I got mine from the mob called Misty Gully - www.mistygully.com.au - Its apparently locally (Aus) made. Comes in a pump pack so that should have given me an indication it was potent  

I will let you know how the grated beetroot version holds up next round

Cheers

Sully


----------



## Katherine (17/10/11)

Supra-Jim said:


> Finally got a copy of this today!!!!! There are some fantastic looking recipes there Paul, well done!
> 
> Tonight I knocked out the crispy prawns, and they were fantastic, went down well with a serve of cayenne pepper squid and salad of rocket and avocado. The batter was delicious and perfectly crispy. Will definitely be repeated.
> 
> ...



fantastic...


----------



## Supra-Jim (17/10/11)

Knocked out a batch of the chilli con carne tonight. Delicious! No photos sorry, is a tasty dish, but she ain't pretty! And pickled jalapenos are one of my favourite things, I think I ate as many as ended up in the pot, you just can't stop at one!!!!

Next time I will probably try this one with some chuck steak (instead of mince) and slow cook in the oven, then shred the beef with a fork (this is how I normally make chilli con carne).

It's a great dish!

Cheers SJ


----------



## juddda (18/10/11)

Mercs Own said:


> Juddda where do you live? If you live near a Dan Murphy's they have La Chuffe which technically isnt a Sasion but it is very simiilar and works great. You said you used Sierra Navada - Pale ale? You could try the pies with a stout also.

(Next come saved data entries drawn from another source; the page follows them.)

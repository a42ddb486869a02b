// What became of each event of a dispatch.
#![tactic(auto)]

ghost use Rattle.std.specs.Prelude.{◌≡◌, Some};
ghost use Rattle.sheet.specs.Printed.{line_of, line_text, verdict_letter};

use bounded::Bounded;
use std::fmt;
use sys::{Class, PollEvent};

#[derive(Clone, Copy, PartialEq, Eq, Debug)]
pub enum Verdict {
    // its source was called
    Delivered,
    // its token fitted no slot
    Stale,
    // the dispatch stopped before its turn
    Lost,
}

impl Verdict {
    pub fn letter(self) -> &'static str
        ensures { result.now ≡ verdict_letter self }
    {
        match self {
            Verdict::Delivered => "d",
            Verdict::Stale => "s",
            Verdict::Lost => "l",
        }
    }
}

impl fmt::Display for Verdict {
    ghost output = { λ v. Some (verdict_letter v) };

    fn fmt<W: fmt::Write>(&self, f: &mut fmt::Formatter<W>) -> fmt::Result {
        f.write_str(self.letter())
    }
}

#[derive(Clone, Copy, PartialEq, Eq, Debug)]
pub struct Line {
    pub class: Class,
    pub key: u64,
    pub verdict: Verdict,
}

impl Line {
    pub fn new(event: PollEvent, verdict: Verdict) -> Line
        ensures { result ≡ line_of verdict event }
    {
        Line {
            class: event.class,
            key: u64::from(event.token),
            verdict,
        }
    }
}

impl fmt::Display for Line {
    ghost output = { λ l. Some (line_text l) };

    fn fmt<W: fmt::Write>(&self, f: &mut fmt::Formatter<W>) -> fmt::Result {
        write!(f, "({} {} {})", self.class, self.key, self.verdict)
    }
}

// At most 128 synthetic events, 256 of the poller and 256 timers.
pub type Sheet = Bounded<Line, 640>;
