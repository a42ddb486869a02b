// A list in memory that was reserved when it was made.
#![tactic(auto)]

ghost use Rattle.std.specs.Prelude.{◌≡◌, ◌≤◌, [], length, nat_le, IfOk, vec_len, vec_capacity};
ghost use Rattle.bounded.specs.Push.{push_of};

use std::alloc::{AllocError, Global};

#[cfg(test)]
mod tests;

// At most `N` items. Only `new` allocates. No model: its users push in place, and read `room` and `few`.
// Not `arrayvec::ArrayVec`: its `new` and its removals ask for a value for the empty places, its `push` and its
// removals for items that can be dropped, which the loop does not ask of a source, and its places lie in the value
// itself, so that 1,024 slots would move with it.
#[derive(Drop)]
pub struct Bounded<T, const N: usize> {
    pub items: Vec<T>,
    ghost room: { N ≤ vec_capacity items },
    ghost few: { vec_len items ≤ N },
}

impl<T, const N: usize> Bounded<T, N> {
    pub fn new(heap: Global) -> Result<Bounded<T, N>, AllocError>
        ensures { IfOk result (λ l. l.items.items ≡ []) }
    {
        let items = Vec::with_capacity(heap, N)?;
        Ok(Bounded { items })
    }

    pub fn is_full(&self) -> bool
        ensures { result ≡ nat_le N (length self.now.items.items) }
    {
        self.items.len() >= N
    }

    // A full list hands the item back.
    pub fn try_push(&mut self, item: T) -> Result<(), T>
        ensures { (result, self.new.items.items) ≡ push_of N item self.old.items.items }
    {
        if self.is_full() {
            return Err(item);
        }
        self.items.push_reserved(item);
        Ok(())
    }
}
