fn read_kind(word: &str) -> Option<TraceKind>
    ensures { result ≡ trace_kind_of word.now }
{
    match word {
        "capture" => Some(TraceKind::Capture),
        "log" => Some(TraceKind::Log),
        _ => None,
    }
}

// The place of the host that a table names at a key.
pub(crate) fn host_at_key(hosts: &[Name], key: &str, table: &Table) -> Option<u32>
    requires rising { AllPairs Precedes hosts.now }
    requires few { length hosts.now ≤ most_entries }
    ensures { result ≡ host_at_key hosts.now key.now (table_view table.now) }
{
    place_of(hosts, text_or_empty(table, key).as_bytes())
}

// The place of the host's clock of this name.
fn named_clock(clocks: &ClockBook, host: u32, name: &str) -> Option<u32>
    requires { All (λ c. IsClockName c.name) clocks.now.clocks }
    ensures { result ≡ own_clock_place clocks.now.clocks clocks.now.owners host name.now }
{
    match read_clock_name(name.as_bytes()) {
        Some(name) => clocks.place_among(host, &name),
        None => None,
    }
}

// The place of the clock that a label of this host names, or of the host's first one.
fn clock_at_key(hosts: &Hosts, host: u32, table: &Table) -> Option<u32>
    requires { All (λ c. IsClockName c.name) hosts.now.clocks.clocks }
    ensures { result ≡ clock_at_key (hosts_and_clocks hosts.now) host (table_view table.now) }
{
    match text_at(table, "clock") {
        Some(name) => named_clock(&hosts.clocks, host, name),
        None => hosts.clocks.first_of(host),
    }
}

// The places of the host and of the clock of a label, if it names both.
fn places_at(hosts: &Hosts, table: &Table) -> Option<(u32, u32)>
    requires rising { AllPairs Precedes hosts.now.names.items }
    requires few { length hosts.now.names.items ≤ most_entries }
    requires named { All (λ c. IsClockName c.name) hosts.now.clocks.clocks }
    ensures { result ≡ places_at (hosts_and_clocks hosts.now) (table_view table.now) }
{
    let Some(host) = host_at_key(&hosts.names, "host", table) else {
        return None;
    };
    match clock_at_key(hosts, host, table) {
        Some(clock) => Some((host, clock)),
        None => None,
    }
}
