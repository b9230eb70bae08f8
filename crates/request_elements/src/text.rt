//! A text between two tags, and the characters that it stands for.
ghost use Rattle.std.specs.Prelude.{◌≡◌, ◌<◌, ◌≤◌, ◌∷◌, true, false, length, Some, None, IfOk, IfSome, MatchOption};
ghost use Rattle.std.specs.Str.{is_utf8};
ghost use Rattle.request_elements.specs.TextValue.{Splits, by_name, by_number, if_character, number_after, numbered, referred, then_resolved, resolved, text_value};

use crate::pieces::has;
use crate::text_buf::TextBuf;
use std::alloc::{AllocError, Global};

/// The text's characters, where it is a text. The bytes are copied once.
#[tactic(auto, unfolding(crate::specs::TextValue::text_value))]
pub(crate) fn decode(alloc: Global, raw: &[u8]) -> Result<Option<TextBuf>, AllocError>
    ensures { IfOk result (λ text. text ≡ text_value raw.now) }
{
    if has(0, raw) {
        return Ok(None);
    }
    match text_of(raw) {
        Some(text) => resolve(alloc, text),
        None => Ok(None),
    }
}

/// The bytes as a text, where they are UTF-8.
fn text_of(bytes: &[u8]) -> Option<&str>
    ensures { MatchOption result (is_utf8 bytes.now ≡ false) (λ text. (text.now ≡ bytes.now) × (is_utf8 bytes.now ≡ true)) }
{
    match simdutf8::compat::from_utf8(bytes) {
        Ok(text) => Some(text),
        Err(_) => None,
    }
}

/// The text with its references resolved, where each `&` begins one.
fn resolve(alloc: Global, text: &str) -> Result<Option<TextBuf>, AllocError>
    ensures { IfOk result (λ value. value ≡ resolved text.now) }
{
    let mut value = String::with_capacity(alloc, text.len())?;
    let mut left = text;
    'references: while let Some((before, rest)) = split(left, '&') {
        value.push_str(before)?;
        let Some((character, behind)) = reference(rest) else {
            return Ok(None);
        };
        value.push(character)?;
        left = behind;
    }
    value.push_str(left)?;
    Ok(Some(TextBuf::from_string(value)))
}

/// The text before the first such character, and the text behind it.
fn split(text: &str, at: char) -> Option<(&str, &str)>
    requires ascii { at < 128 }
    ensures { Splits at text.now result }
{
    text.split_once(at)
}

/// The character of the reference that a text begins behind its `&`, and the text behind it.
fn reference(text: &str) -> Option<(char, &str)>
    ensures reads { MatchOption result (resolved (38 ∷ text.now) ≡ None) (λ p. resolved (38 ∷ text.now) ≡ then_resolved (Some p.0) (resolved p.1.now)) }
    ensures shorter { IfSome result (λ p. length p.1.now < length text.now) }
{
    let Some((name, behind)) = split(text, ';') else {
        return None;
    };
    match referred(name.as_bytes()) {
        Some(character) => Some((character, behind)),
        None => None,
    }
}

/// The character that a reference names between its `&` and its `;`.
#[tactic(auto, unfolding(crate::specs::TextValue::referred))]
fn referred(name: &[u8]) -> Option<char>
    ensures { result ≡ referred name.now }
{
    let (first, rest) = name.split_first()?;
    if *first == b'#' {
        by_number(rest)
    } else {
        by_name(name)
    }
}

fn by_name(name: &[u8]) -> Option<char>
    ensures { result ≡ by_name name.now }
{
    if name == b"lt".as_slice() {
        return Some('<');
    }
    if name == b"gt".as_slice() {
        return Some('>');
    }
    if name == b"amp".as_slice() {
        return Some('&');
    }
    if name == b"quot".as_slice() {
        return Some('"');
    }
    if name == b"apos".as_slice() {
        return Some('\'');
    }
    None
}

/// The character of `#D` or `#xH`, behind the `#`.
fn by_number(number: &[u8]) -> Option<char>
    ensures { result ≡ by_number number.now }
{
    let (first, digits) = number.split_first()?;
    if *first == b'x' {
        numbered(16, digits)
    } else {
        numbered(10, number)
    }
}

/// The character that one to eight digits name.
fn numbered(base: u32, digits: &[u8]) -> Option<char>
    requires low { 2 ≤ base }
    requires high { base ≤ 16 }
    ensures { result ≡ numbered base digits.now }
{
    if digits.is_empty() {
        return None;
    }
    if digits.len() > 8 {
        return None;
    }
    character_of(number_of(base, digits)?)
}

/// The number that at most eight digits spell.
fn number_of(base: u32, digits: &[u8]) -> Option<u32>
    requires low { 2 ≤ base }
    requires high { base ≤ 16 }
    requires few { length digits.now ≤ 8 }
    ensures { result ≡ number_after base 0 digits.now }
{
    let mut number: u32 = 0;
    let mut left = digits;
    'digits: while let Some((digit, rest)) = left.split_first() {
        let Some(value) = char::from(*digit).to_digit(base) else {
            return None;
        };
        number = number * base + value;
        left = rest;
    }
    Some(number)
}

/// The character of this number, where it is one other than 0.
fn character_of(number: u32) -> Option<char>
    ensures { result ≡ if_character (Some number) }
{
    if number == 0 {
        return None;
    }
    char::from_u32(number)
}
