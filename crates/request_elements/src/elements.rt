//! The elements of a body, read by the grammar of its pieces.
ghost use Rattle.std.specs.Prelude.{◌≡◌, ℕ, ◌++◌, true, List, [], ◌∷◌, MatchResult};
ghost use Rattle.grammar_rules.specs.Readers.{starts};
ghost use Rattle.request_elements.specs.declared.elements.Failure.TheVariants.{Memory};
ghost use Rattle.request_elements.specs.declared.elements.ElementsError.TheVariants.{OutOfMemory};
ghost use Rattle.request_elements.specs.Grammar.{is_declaration_piece, is_whole_element, found_alone};
ghost use Rattle.request_elements.specs.Readers.{behind, behind_blanks, read_whole, read_characters, read_leaf, read_container, read_children, read_element, read_body, free_of, first_child, where_free, onto, Gives, GivesCharacters, Closes, FailsToClose};
ghost use Rattle.request_elements.specs.Body.{HasElements, IsMalformed, IsMalformedAs, IsAt, error_of};

use crate::element::{COUNT, Element};
use crate::found::Found;
use crate::pieces::PieceCursor;
use crate::text::decode;
use crate::text_buf::TextBuf;
use std::alloc::{AllocError, Global};

/// How many elements may stand around one: request, serialization, format.
const DEPTH: u32 = 3;

/// A body's elements can't be told.
#[derive(Drop)]
pub enum ElementsError {
    /// The body is none by its grammar: the place of the first tag or text that can't stand there, in bytes from the body's
    /// front, or the body's length where it ends too early.
    Malformed(usize),
    OutOfMemory,
}

/// Why a part isn't read, at the piece where the cursor is left.
#[derive(Drop)]
pub(crate) enum Failure {
    Refused,
    Memory,
}

impl From<AllocError> for Failure {
    ghost use Rattle.std.specs.Prelude.{◌≡◌};
    ghost use Rattle.request_elements.specs.declared.elements.Failure.TheVariants.{Memory};

    ghost from_gives = { λ _ e. e ≡ Memory };

    fn from(_error: AllocError) -> Failure {
        Failure::Memory
    }
}

/// Reads the body of a `SelectObjectContent` request (Amazon S3 API Reference) as the list of its elements, in the order in
/// which they begin. Of XML 1.0 a body has elements, texts with references, a declaration and the root's namespace alone.
pub fn read_elements(alloc: Global, body: &[u8]) -> Result<Vec<Found>, ElementsError>
    ensures sound { MatchResult result (λ found. HasElements body.now found.items) (λ e. IsMalformedAs body.now e) }

    // What the grammar says of the body is the answer, but for want of memory.
    ensures spelled { (all : List Found) → HasElements body.now all → MatchResult result (λ found. found.items ≡ all) (λ e. e ≡ OutOfMemory) }
    ensures refused { (place : ℕ) → IsMalformed body.now place → MatchResult result (λ found. ⊥) (λ e. IsAt place e) }
{
    let mut pieces = PieceCursor::new(body);
    let mut found = Vec::new(alloc);
    match document(alloc, &mut pieces, &mut found) {
        Ok(()) => {
            if pieces.is_empty() {
                Ok(found)
            } else {
                Err(ElementsError::Malformed(pieces.place(body.len())))
            }
        }
        Err(failure) => Err(error_at(failure, pieces.place(body.len()))),
    }
}

/// The error that a failure at this place is.
fn error_at(failure: Failure, place: usize) -> ElementsError
    ensures { result ≡ error_of failure place }
{
    match failure {
        Failure::Refused => ElementsError::Malformed(place),
        Failure::Memory => ElementsError::OutOfMemory,
    }
}

/// A declaration, where one is there, and the root, with blanks around it.
fn document(
    alloc: Global,
    pieces: &mut PieceCursor<'_>,
    found: &mut Vec<Found>,
) -> Result<(), Failure>
    ensures { Gives (onto found.old.items (read_body pieces.old)) result found.new.items pieces.new }
{
    skip_declaration(pieces);
    skip_blanks(pieces);
    element(alloc, pieces, Element::Request, DEPTH, found)?;
    skip_blanks(pieces);
    Ok(())
}

/// An element in which others stand at most so deep.
#[cycle(element)]
fn element(
    alloc: Global,
    pieces: &mut PieceCursor<'_>,
    element: Element,
    depth: u32,
    found: &mut Vec<Found>,
) -> Result<(), Failure>
    ensures { Gives (onto found.old.items (read_element depth element pieces.old)) result found.new.items pieces.new }
{
    if element.is_leaf() {
        return leaf(alloc, pieces, element, found);
    }
    if depth == 0 {
        return leaf(alloc, pieces, element, found);
    }
    container(alloc, pieces, element, depth - 1, found)
}

/// An element that holds a text.
fn leaf(
    alloc: Global,
    pieces: &mut PieceCursor<'_>,
    element: Element,
    found: &mut Vec<Found>,
) -> Result<(), Failure>
    ensures { Gives (onto found.old.items (read_leaf element pieces.old)) result found.new.items pieces.new }
{
    if pieces.is_whole(element) {
        return whole(alloc, pieces, element, found);
    }
    if !pieces.starts(element) {
        return Err(Failure::Refused);
    }
    let at = pieces.place(0);
    pieces.skip();
    let text = characters(alloc, pieces)?;
    if !pieces.ends(element) {
        return Err(Failure::Refused);
    }
    pieces.skip();
    push(found, Found { element, at, text })
}

/// A tag that is the whole element.
fn whole(
    alloc: Global,
    pieces: &mut PieceCursor<'_>,
    element: Element,
    found: &mut Vec<Found>,
) -> Result<(), Failure>
    requires there { starts (λ s. is_whole_element element s.piece) pieces.old ≡ true }
    ensures { Gives (onto found.old.items (read_whole element pieces.old)) result found.new.items pieces.new }
{
    let at = pieces.place(0);
    pieces.skip();
    push_empty(alloc, element, at, found)
}

/// Notes an element with the empty text.
fn push_empty(
    alloc: Global,
    element: Element,
    at: usize,
    found: &mut Vec<Found>,
) -> Result<(), Failure>
    ensures { MatchResult result (λ _. found.new.items ≡ found.old.items ++ found_alone element at []) (λ e. e ≡ Memory) }
{
    let text = TextBuf::empty(alloc);
    push(found, Found { element, at, text })
}

fn push(found: &mut Vec<Found>, one: Found) -> Result<(), Failure>
    ensures { MatchResult result (λ _. found.new.items ≡ found.old.items ++ one ∷ []) (λ e. e ≡ Memory) }
{
    match found.push(one) {
        Ok(()) => Ok(()),
        Err(_) => Err(Failure::Memory),
    }
}

/// Passes the element's end tag.
fn close(pieces: &mut PieceCursor<'_>, element: Element) -> Result<(), Failure>
    ensures { MatchResult result (λ _. Closes element pieces.old pieces.new) (λ e. FailsToClose element pieces.old pieces.new e) }
{
    if !pieces.ends(element) {
        return Err(Failure::Refused);
    }
    pieces.skip();
    Ok(())
}

/// The characters of a text, empty where none stands there.
fn characters(alloc: Global, pieces: &mut PieceCursor<'_>) -> Result<TextBuf, Failure>
    ensures { GivesCharacters (read_characters pieces.old) result pieces.new }
{
    let text = match pieces.text() {
        Some(raw) => decode(alloc, raw)?,
        None => None,
    };
    match text {
        Some(text) => {
            pieces.skip();
            Ok(text)
        }
        None => Ok(TextBuf::empty(alloc)),
    }
}

/// An element that holds others, in which still others stand at most so deep.
#[cycle(element)]
fn container(
    alloc: Global,
    pieces: &mut PieceCursor<'_>,
    element: Element,
    depth: u32,
    found: &mut Vec<Found>,
) -> Result<(), Failure>
    ensures { Gives (onto found.old.items (read_container element (read_children element (read_element depth)) pieces.old)) result found.new.items pieces.new }
{
    if pieces.is_whole(element) {
        return whole(alloc, pieces, element, found);
    }
    if !pieces.starts(element) {
        return Err(Failure::Refused);
    }
    push_empty(alloc, element, pieces.place(0), found)?;
    pieces.skip();
    skip_blanks(pieces);
    children(alloc, pieces, element, depth, found)?;
    close(pieces, element)
}

/// The elements that stand in this one, with blanks behind each.
#[cycle(element)]
fn children(
    alloc: Global,
    pieces: &mut PieceCursor<'_>,
    parent: Element,
    depth: u32,
    found: &mut Vec<Found>,
) -> Result<(), Failure>
    ensures { Gives (onto found.old.items (read_children parent (read_element depth) pieces.old)) result found.new.items pieces.new }
{
    let mut taken = [false; COUNT];
    'children: while let Some(child) = next_child(pieces, parent, &taken) {
        taken[child.number()] = true;
        element(alloc, pieces, child, depth, found)?;
        skip_blanks(pieces);
    }
    Ok(())
}

/// The element in sight, where it stands in this one and isn't taken.
fn next_child(pieces: &PieceCursor<'_>, parent: Element, taken: &[bool; COUNT]) -> Option<Element>
    ensures { result ≡ where_free (free_of taken.now) (first_child parent pieces.now) }
{
    let name = pieces.name()?;
    let child = parent.child_named(name)?;
    if taken[child.number()] {
        None
    } else {
        Some(child)
    }
}

/// Passes blanks, where they are there.
fn skip_blanks(pieces: &mut PieceCursor<'_>)
    ensures { pieces.new ≡ behind_blanks pieces.old }
{
    if pieces.is_blank() {
        pieces.skip();
    }
}

/// Passes a declaration, where one is there.
fn skip_declaration(pieces: &mut PieceCursor<'_>)
    ensures { pieces.new ≡ behind (λ s. is_declaration_piece s.piece) pieces.old }
{
    if pieces.is_declaration() {
        pieces.skip();
    }
}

G'day Mercs, A mate of mine in Canberra had some Ovila Saison in his cellar when we were down there last week, a nice drop it was 

We might try the stout in the pies next time. The biggest decision is which recipe to try this weekend 

Cheers,
Dave


----------



## Mercs Own (21/10/11)

Juddda said:


> G'day Mercs, A mate of mine in Canberra had some Ovila Saison in his cellar when we were down there last week, a nice drop it was
> 
> We might try the stout in the pies next time. The biggest decision is which recipe to try this weekend
> 
> ...



weekend = 48 hours Thats plenty of time to knock out half the book!!


----------



## Mercs Own (1/11/11)

Sully said:


> I got mine from the mob called Misty Gully - www.mistygully.com.au - Its apparently locally (Aus) made. Comes in a pump pack so that should have given me an indication it was potent
> 
> I will let you know how the grated beetroot version holds up next round
> 
> ...



Melbourne Cup Day - so you must have knocked up a couple of batches of soemthing to with the beers??


----------



## Malted (1/11/11)

Bought the book and drooled on every page. I am looking forward to giving it a trot. I have another kitchen issue that I'd like some advice on it that's ok?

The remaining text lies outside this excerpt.